4.Jdp2ノックアウトマウスの好中球はC/EBPαの過剰な活性化とATF3の発現上昇により異常な分化を呈する


 Jdp2の好中球における標的遺伝子を明らかにするため,DNA chipによりJdp2ノックアウトマウスの好中球におけるトランスクリプトーム解析を行い,野生型マウスより高い発現を示した遺伝子のプロモーターに存在する転写因子結合部位について調べた.その結果,好中球の一次顆粒に含まれる酵素遺伝子などC/EBP結合部位をもつ遺伝子のmRNAがJdp2ノックアウトマウスの好中球において著しく増加していることが判明した.その一方で,これら酵素遺伝子のタンパク質レベルは正常であった.野生型マウスにおいて顆粒の形成が十分に生じていない未分化な状態の好中球では顆粒に含まれる酵素遺伝子のmRNAがピークを示し,Jdp2ノックアウトマウスと同じく好中球においてその分化マーカーであるLy6Gの発現が低下しているGfi-1ノックアウトマウス9) やIkarosノックアウトマウス10) でも顆粒の形成に障害がある一方で顆粒に含まれる酵素遺伝子のmRNAに増加が認められる.こうしたことから,Jdp2ノックアウトマウスにおける好中球の一次顆粒に含まれる酵素遺伝子のmRNAの増加は,好中球の未分化性を反映しているものと考えられた.
 Jdp2ノックアウトマウスの好中球から核タンパク質を抽出し,C/EBP結合部位に対するC/EBPファミリー転写因子の結合能を調べたところ,タンパク質のレベルは正常であるにもかかわらず,C/EBPαのC/EBP結合部位への結合が亢進していることが明らかになった.さらに,Jdp2はC/EBPαと直接に結合することによりC/EBPαの活性を抑制していることも免疫沈降法とレポーターアッセイ法により確認された.実際に,C/EBPαを野生型マウスの好中球に導入すると一次顆粒に含まれる酵素遺伝子のmRNAの増加やBcl2の発現上昇が認められ,アポトーシスの減弱や好中球細胞外トラップの形成障害など,Jdp2ノックアウトマウスの好中球とよく似た形質を示したことから,Jdp2は好中球の最終分化の段階においてC/EBPαと直接に結合し,これを抑制することにより適切な遺伝子の発現状態をつくりだしているものと考えられた.
 好中球の分化マーカーであるLy6Gの発現低下の原因はC/EBPαの過剰な活性化では説明がつかなかったため,Jdp2がエピジェネティックな制御タンパク質であることを勘案し,Jdp2ノックアウトマウスの好中球に由来するゲノムのヒストンアセチル化の状態をChIP-seq(クロマチン免疫沈降-シークエンシング)法により網羅的に解析した.その結果,Jdp2と同じくAP-1ファミリーに属する転写因子であるATF3をコードする遺伝子のプロモーター領域におけるヒストンアセチル化が,Jdp2ノックアウトマウスの好中球において著明に亢進していることが判明した.実際に,ATF3の発現はJdp2ノックアウトマウスの好中球において上昇しており,Jdp2はATF3遺伝子のプロモーターに直接に結合することによりそのヒストンアセチル化を阻害していた.また,野生型マウスに由来する骨髄細胞にATF3を導入しin vitroにおいて好中球に分化誘導させるとLy6Gの細胞表面における発現が減弱したことから,ATF3は好中球の新規の分化阻害タンパク質であり,Jdp2がこの発現を直接に抑制することにより好中球の適切な最終分化の状態が実現されているものと考えられた.

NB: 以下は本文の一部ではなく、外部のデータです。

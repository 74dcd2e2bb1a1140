//! Tokens of requests: the right to the reply to one request, which one session has at a time.
//!
//! A lock tells no contract which pass it lends, nor for whom. The tokens do: with a pass goes a source, which gives one token out
//! for each request that the pass serves, and a session collects those of its replies. `specs/RequestTokens` says that no two
//! threads have one token, and `specs/OwnReplies` which one goes with a reply: change them together.
//!
//! Used by: `idle_pass`, `locked_passes`, `pass_pool`, `read_pool`, `borrower`; mw_programs makes the table. `WORKERS`
//! is 256 because a worker's number is a `u8`.
ghost use Rattle.std.specs.Prelude.{ℕ, ◌≡◌, ◌+◌, ◌++◌, [], ◌∷◌, IfSome};
ghost use Rattle.mw_service.specs.declared.request_tokens.TheConstants.{WORKERS};
ghost use Rattle.atomic_table.specs.Seated.{TableId};
ghost use Rattle.mw_service.specs.OwnReplies.{came_to};
ghost use Rattle.mw_service.specs.RequestTokens.{no_table, no_tokens, source_of, token_of};

use crate::token_rule::{AddsTokens, Comes, FirstNumber, GivesToken, TakesSource, TokenRule};
use crate::token_views::TokenView;
use atomic_table::{Seat, Table};
use mw_engine::Pass;
use std::alloc::{AllocError, Global};
use std::marker::{Brand, PhantomData};

/// As many as there are numbers of workers.
const WORKERS: usize = 256;

/// Names a table of request tokens. What is under a lock is known by its type alone, so the types of passes and of sessions that
/// use one table have its name.
pub trait TokenBrand {
    ghost table: { TableId };
}

impl TokenBrand for Brand {
    ghost table = { no_table };
}

/// A table of request tokens that has no name yet.
#[derive(Drop)]
pub struct NewTokenTable {
    table: Table<u8, TokenView, (), TokenRule, Global>,
    ghost long: { table.shared.table_id.words ≡ WORKERS },
}

/// A table of request tokens. It has a word for each worker, which tells whether the source of its tokens was taken. Threads share
/// it by reference.
#[derive(Drop)]
pub struct TokenTable<K: TokenBrand> {
    table: Table<u8, TokenView, (), TokenRule, Global>,
    brand: PhantomData<K>,
    ghost long: { table.shared.table_id.words ≡ WORKERS },
    ghost named: { table.shared.table_id ≡ K.table },
}

/// The source of the tokens of one worker's requests. It has no bytes.
#[derive(Drop)]
pub(crate) struct TokenSource<K: TokenBrand> {
    seat: Seat<u8, TokenView>,
    brand: PhantomData<K>,
    ghost its: { seat.table_id ≡ K.table },
}

/// The tokens of the requests that a session was answered. They have no bytes.
#[derive(Drop)]
pub(crate) struct OwnTokens<K: TokenBrand> {
    seat: Seat<u8, TokenView>,
    brand: PhantomData<K>,
    ghost its: { seat.table_id ≡ K.table },
    ghost no_slot: { seat.me.1 ≡ [] },
}

impl NewTokenTable {
    /// Makes a table of which no token is given out.
    ///
    /// # Errors
    ///
    /// [`AllocError`] if memory is out.
    pub fn new(alloc: Global) -> Result<NewTokenTable, AllocError> {
        let (table, _) = Table::of_words(alloc, &[0; WORKERS], &())?;
        Ok(NewTokenTable { table })
    }

    /// Names the table.
    pub fn named<K: TokenBrand>(self) -> TokenTable<K>
        requires { self.table.shared.table_id ≡ K.table }
    {
        TokenTable {
            table: self.table,
            brand: PhantomData,
        }
    }
}

impl<K: TokenBrand> TokenTable<K> {
    /// Gives the source of the tokens of a pass's worker: of the requests that come to it from now on. None: it was given before.
    pub(crate) fn source<N: FirstNumber>(&self, pass: &Pass) -> Option<TokenSource<K>>
        requires { N.first ≡ came_to pass.now.seat.me.0.tokens }
        ensures { IfSome result (λ source. source.seat.me.0 ≡ source_of pass.now.worker (came_to pass.now.seat.me.0.tokens)) }
    {
        let shared = &self.table.shared;
        let (found, seat) = shared.swap_new_seat::<TakesSource<N>>(usize::from(pass.worker()), 1);
        if found == 0 {
            Some(TokenSource {
                seat,
                brand: PhantomData,
            })
        } else {
            None
        }
    }

    /// Gives the tokens of a session that was answered no request yet.
    pub(crate) fn none(&self) -> OwnTokens<K>
        ensures { result.seat.me.0 ≡ no_tokens }
    {
        let (_, seat) = self.table.shared.load_new_seat::<Comes>(0);
        OwnTokens {
            seat,
            brand: PhantomData,
        }
    }

    /// Takes the token of the next request of a source's worker.
    pub(crate) fn take(&self, source: &mut TokenSource<K>) -> OwnTokens<K>
        ensures after { (worker next : ℕ) → source.old.seat.me.0 ≡ source_of worker next → source.new.seat.me.0 ≡ source_of worker (next + 1) }
        ensures token { (worker next : ℕ) → source.old.seat.me.0 ≡ source_of worker next → result.seat.me.0.tokens ≡ token_of worker next ∷ [] }
    {
        let seat = self.table.shared.split_seat::<GivesToken>(&mut source.seat);
        OwnTokens {
            seat,
            brand: PhantomData,
        }
    }

    /// Adds tokens to those of a session.
    pub(crate) fn add(&self, own: &mut OwnTokens<K>, more: OwnTokens<K>)
        ensures { own.new.seat.me.0.tokens ≡ own.old.seat.me.0.tokens ++ more.seat.me.0.tokens }
    {
        self.table
            .shared
            .join_seat::<AddsTokens>(&mut own.seat, more.seat);
    }
}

5.Jdp2ノックアウトマウスは細菌および真菌の感染に対し脆弱である


 好中球は細菌および真菌への感染防御において中心的な役割をはたす自然免疫細胞であることから,Jdp2ノックアウトマウスに黄色ブドウ球菌やカンジダ菌を静脈から感染させてその生存を野生型マウスと比較した.その結果,Jdp2ノックアウトマウスではこれら病原体の全身の臓器における排除能が低下しており,感染ののち早期に死亡してしまうことが明らかになった.さらに,放射線を照射したのちJdp2ノックアウトマウスの骨髄を移植した野生型マウスも,野生型マウスの骨髄を移植した対照と比べ,黄色ブドウ球菌の感染に対する脆弱性を示した.この感受性の差は好中球を除去することにより消失した.ここで用いた感染モデルはT細胞およびB細胞を除去した状態において致死率に変化のないものであったことから,Jdp2ノックアウトマウスの黄色ブドウ球菌への感染における易感染性の原因は好中球の異常に起因するものと考えられた.

おわりに


 今回の筆者らのJdp2ノックアウトマウスを用いた検討は,Jdp2が破骨細胞および好中球の正常な分化に必須であることを解明したのみならず,個体レベルにおいてJdp2が新規の“骨自然免疫系”制御タンパク質であることを明確に示した.Jdp2は破骨細胞および好中球における系譜特異的な遺伝子発現を転写およびエピジェネティックな制御の2つのレベルで複雑に制御しており(図1),その機能についてはさらなる検討が必要と考えられる.今後は,関節リウマチのような破骨細胞と好中球がともに過剰に活性化した疾患の制御という切り口からの研究も重要なテーマとなりうるだろう.




文 献



  1. Maruyama, K., Takada, Y., Ray, N. et al.: Receptor activator of NF-κB ligand and osteoprotegerin regulate proinflammatory cytokine production in mice. J. Immunol., 177, 3799-3805 (2006)[PubMed]

  2. Maruyama, K., Sano, G., Ray, N. et al.: c-Fos-deficient mice are susceptible to Salmonella enterica serovar Typhimurium infection. Infect. Immun., 75, 1520-1523 (2007)[PubMed]

  3. Kawaida, R., Ohtsuka, T., Okutsu, J. et al.: Jun dimerization protein 2 (JDP2), a member of the AP-1 family of transcription factor, mediates osteoclast differentiation induced by RANKL. J. Exp. Med., 197, 1029-1035 (2003)[PubMed]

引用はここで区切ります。